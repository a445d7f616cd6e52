//! What a redefinition makes of the elements.

ghost use Rattle.std.specs.Prelude.{◌≡◌, ℕ, ◌≤◌, List, length, replicate, take, Some, slice_get};
ghost use Rattle.nc_base.specs.declared.header.Header.{Header};
ghost use Rattle.nc_base.specs.declared.header.Var.{Var};
ghost use Rattle.nc_base.specs.declared.script.Extra.{Extra};
ghost use Rattle.serial_spec.specs.ExternalForm.{size_of};
ghost use Rattle.serial_spec.specs.File.{read};
ghost use Rattle.serial_spec.specs.HeaderBytes.{canon, header_len};
ghost use Rattle.serial_spec.specs.Place.{place};
ghost use Rattle.serial_spec.specs.Redefinition.{redefined, KeepsVars};
ghost use Rattle.whole_run_laws.specs.Redefined.{element_value, IsCounted, IsRedefinition};

/// After a redefinition each element of an old variable has the value that it had, each byte of an element of an added variable is
/// zero, and the new header is at the front. The old variables keep their types and lengths, so their elements are the same.
pub fn redefinition_law()
    ensures old_elements { (old new : Header) (extras : List Extra) (file : List ℕ) (k : ℕ) (v w : Var) (index : List ℕ)
        → IsRedefinition old extras new → slice_get old.vars k ≡ Some v → slice_get new.vars k ≡ Some w → IsCounted old v index
        → element_value new w index (redefined file old new) ≡ element_value old v index file }
    ensures added_elements { (old new : Header) (extras : List Extra) (file : List ℕ) (k : ℕ) (w : Var) (index : List ℕ)
        → IsRedefinition old extras new → length old.vars ≤ k → slice_get new.vars k ≡ Some w → IsCounted new w index
        → read (redefined file old new) (place new w index) (size_of w.kind) ≡ replicate (size_of w.kind) 0 }
    ensures header { (old new : Header) (extras : List Extra) (file : List ℕ) → IsRedefinition old extras new
        → take (header_len new) (redefined file old new) ≡ canon new }
    ensures old_variables { (old new : Header) (extras : List Extra) → IsRedefinition old extras new → KeepsVars old new }
    ensures same_indices { (old new : Header) (extras : List Extra) (k : ℕ) (v w : Var) (index : List ℕ)
        → IsRedefinition old extras new → slice_get old.vars k ≡ Some v → slice_get new.vars k ≡ Some w → IsCounted old v index → IsCounted new w index }
{}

########################################

EXERCISE GOAL:
Every line of the material above must be set down again exactly.

FINISHED EXERCISE:
repository a445d7f616cd6e52
//! What a redefinition makes of the elements.

ghost use Rattle.std.specs.Prelude.{◌≡◌, ℕ, ◌≤◌, List, length, replicate, take, Some, slice_get};
ghost use Rattle.nc_base.specs.declared.header.Header.{Header};
ghost use Rattle.nc_base.specs.declared.header.Var.{Var};
ghost use Rattle.nc_base.specs.declared.script.Extra.{Extra};
ghost use Rattle.serial_spec.specs.ExternalForm.{size_of};
ghost use Rattle.serial_spec.specs.File.{read};
ghost use Rattle.serial_spec.specs.HeaderBytes.{canon, header_len};
ghost use Rattle.serial_spec.specs.Place.{place};
ghost use Rattle.serial_spec.specs.Redefinition.{redefined, KeepsVars};
ghost use Rattle.whole_run_laws.specs.Redefined.{element_value, IsCounted, IsRedefinition};

/// After a redefinition each element of an old variable has the value that it had, each byte of an element of an added variable is
/// zero, and the new header is at the front. The old variables keep their types and lengths, so their elements are the same.
pub fn redefinition_law()
    ensures old_elements { (old new : Header) (extras : List Extra) (file : List ℕ) (k : ℕ) (v w : Var) (index : List ℕ)
        → IsRedefinition old extras new → slice_get old.vars k ≡ Some v → slice_get new.vars k ≡ Some w → IsCounted old v index
        → element_value new w index (redefined file old new) ≡ element_value old v index file }
    ensures added_elements { (old new : Header) (extras : List Extra) (file : List ℕ) (k : ℕ) (w : Var) (index : List ℕ)
        → IsRedefinition old extras new → length old.vars ≤ k → slice_get new.vars k ≡ Some w → IsCounted new w index
        → read (redefined file old new) (place new w index) (size_of w.kind) ≡ replicate (size_of w.kind) 0 }
    ensures header { (old new : Header) (extras : List Extra) (file : List ℕ) → IsRedefinition old extras new
        → take (header_len new) (redefined file old new) ≡ canon new }
    ensures old_variables { (old new : Header) (extras : List Extra) → IsRedefinition old extras new → KeepsVars old new }
    ensures same_indices { (old new : Header) (extras : List Extra) (k : ℕ) (v w : Var) (index : List ℕ)
        → IsRedefinition old extras new → slice_get old.vars k ≡ Some v → slice_get new.vars k ≡ Some w → IsCounted old v index → IsCounted new w index }
{}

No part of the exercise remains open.